*Dataset entries:*
-- Opening Marker --

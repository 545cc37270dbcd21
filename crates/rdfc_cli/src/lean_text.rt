//! The texts of a lean form: the lean graph, and the map onto it.
ghost use Rattle.std.specs.Prelude.{◌≡◌, ℕ, ◌++◌, ◌<◌, length, IfOk, IfErr, OnOk};
ghost use Rattle.rdf_terms.specs.Document.{dataset as dataset_of, term_at};
ghost use Rattle.lean_search.specs.Lean.{IsLeanForm, IsLeanStop};
ghost use Rattle.rdfc_cli.specs.Leaning.{IsLeanText, IsLeanMapText, IsLeaning, line_of};
ghost use Rattle.rdfc_cli.specs.Outputs.{IsLeanOutput, IsLeanEnd};

use crate::ends::status_of_lean;
use crate::options::Settings;
use crate::output::Output;
use crate::status::Status;
use canonical_writer::{NumberNames, push_numbered, push_term, write_sorted};
use dataset_index::Dataset;
use lean_search::{LeanForm, LeanStop, lean};
use rdf_terms::{Bytes, NoMemory, Term, TermTable};
use std::alloc::Global;

// The canonical lines of the lean graph in byte order, with node k named `e` and k.
fn graph_text(alloc: Global, graph: &Dataset, form: &LeanForm) -> Result<Bytes, NoMemory>
    requires { (limit : ℕ) × IsLeanForm graph.now limit form.now }
    ensures { (limit : ℕ) → IsLeanForm graph.now limit form.now → IfOk result (IsLeanText (dataset_of graph.now) limit) }
{
    // They tell that the numbers of the quads are those of terms.
    let _quads = graph.quads();
    write_sorted(alloc, graph.terms(), form.quads.as_slice(), &NumberNames)
}

// The line of the node that is mapped to this term.
fn push_mapped(out: &mut Vec<u8>, node: u32, term: &Term) -> Result<(), NoMemory>
    ensures { OnOk result (out.new.items ≡ out.old.items ++ line_of node term.now) }
{
    push_numbered(out, b"_:e", node)?;
    out.extend_from_slice(b" ")?;
    push_term(out, term, &NumberNames)?;
    out.extend_from_slice(b"\n")?;
    Ok(())
}

// The line of the node that is mapped to the term with this number.
fn push_mapped_number(
    out: &mut Vec<u8>,
    terms: &TermTable,
    node: u32,
    number: u32,
) -> Result<(), NoMemory>
    requires { number < length terms.now }
    ensures { OnOk result (out.new.items ≡ out.old.items ++ line_of node (term_at terms.now number)) }
{
    match terms.get(number) {
        Some(term) => push_mapped(out, node, term),
        None => Ok(()),
    }
}

// A line for each node in order: its name, a space, and the term that it is mapped to as it stands in a canonical
// line, with node k named `e` and k.
fn map_text(alloc: Global, graph: &Dataset, form: &LeanForm) -> Result<Bytes, NoMemory>
    requires { (limit : ℕ) × IsLeanForm graph.now limit form.now }
    ensures { (limit : ℕ) → IsLeanForm graph.now limit form.now → IfOk result (IsLeanMapText (dataset_of graph.now) limit) }
{
    let map = form.map.as_slice();
    let mut out = Vec::new(alloc);
    for node in 0..graph.node_count() {
        push_mapped_number(&mut out, graph.terms(), node, map[node as usize])?;
    }
    Ok(Bytes::new(out))
}

// The text of the lean form of a graph: the map where the settings say so, and else the graph.
fn lean_text(alloc: Global, settings: Settings, graph: &Dataset) -> Result<Bytes, LeanStop>
    ensures text { IfOk result (IsLeaning settings.map settings.limit (dataset_of graph.now)) }
    ensures stop { IfErr result (IsLeanStop graph.now settings.limit) }
{
    let form = lean(alloc, graph, settings.limit)?;
    let text = if settings.map {
        map_text(alloc, graph, &form)?
    } else {
        graph_text(alloc, graph, &form)?
    };
    Ok(text)
}

// What is written of a graph, or how the run stops.
pub(crate) fn lean_output(
    alloc: Global,
    settings: Settings,
    graph: &Dataset,
) -> Result<Output, Status>
    ensures output { IfOk result (IsLeanOutput settings graph.now) }
    ensures stops { IfErr result (IsLeanEnd settings graph.now) }
{
    match lean_text(alloc, settings, graph) {
        Ok(text) => Ok(Output {
            text,
            unsettled: None,
        }),
        Err(stop) => Err(status_of_lean(stop, settings.limit)),
    }
}
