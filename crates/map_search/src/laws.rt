//! What the search and the index mean for maps of graphs. Each law is a contract, and the functions do nothing.
ghost use Rattle.map_search.specs.Index.{IndexTells};
ghost use Rattle.map_search.specs.Laws.{EndingsMean, MapsOfRows, NodesTell};
ghost use Rattle.map_search.specs.Numbers.{AgreeingMapsReach, EndingsMeanByTerms};

/// The numbers that the index finds for a condition are those that meet it.
pub fn index_tells()
    ensures { IndexTells }
{}

/// The maps of all places that fit the rows of some nodes are the maps of these nodes that carry each
/// triple of theirs.
pub fn maps_of_rows()
    ensures { MapsOfRows }
{}

/// A search that finds nothing shows that each map of the nodes reaches each triple of theirs, and that
/// these maps have no more beginnings than the limit; what it finds is a map that misses one.
pub fn endings_mean()
    ensures { EndingsMean }
{}

/// Whether a map of the nodes misses a triple is seen by the nodes alone: some node is no image.
pub fn nodes_tell()
    ensures { NodesTell }
{}

/// What the ending of a search by term numbers means by terms.
pub fn endings_mean_by_terms()
    ensures { EndingsMeanByTerms }
{}

/// A map of term numbers and a map of terms that say the same reach the same triples.
pub fn agreeing_maps_reach()
    ensures { AgreeingMapsReach }
{}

-- Closing Marker --

From the records above, tally every line that contains the string "IsLeanMapText"; the reply consists of that number alone.

2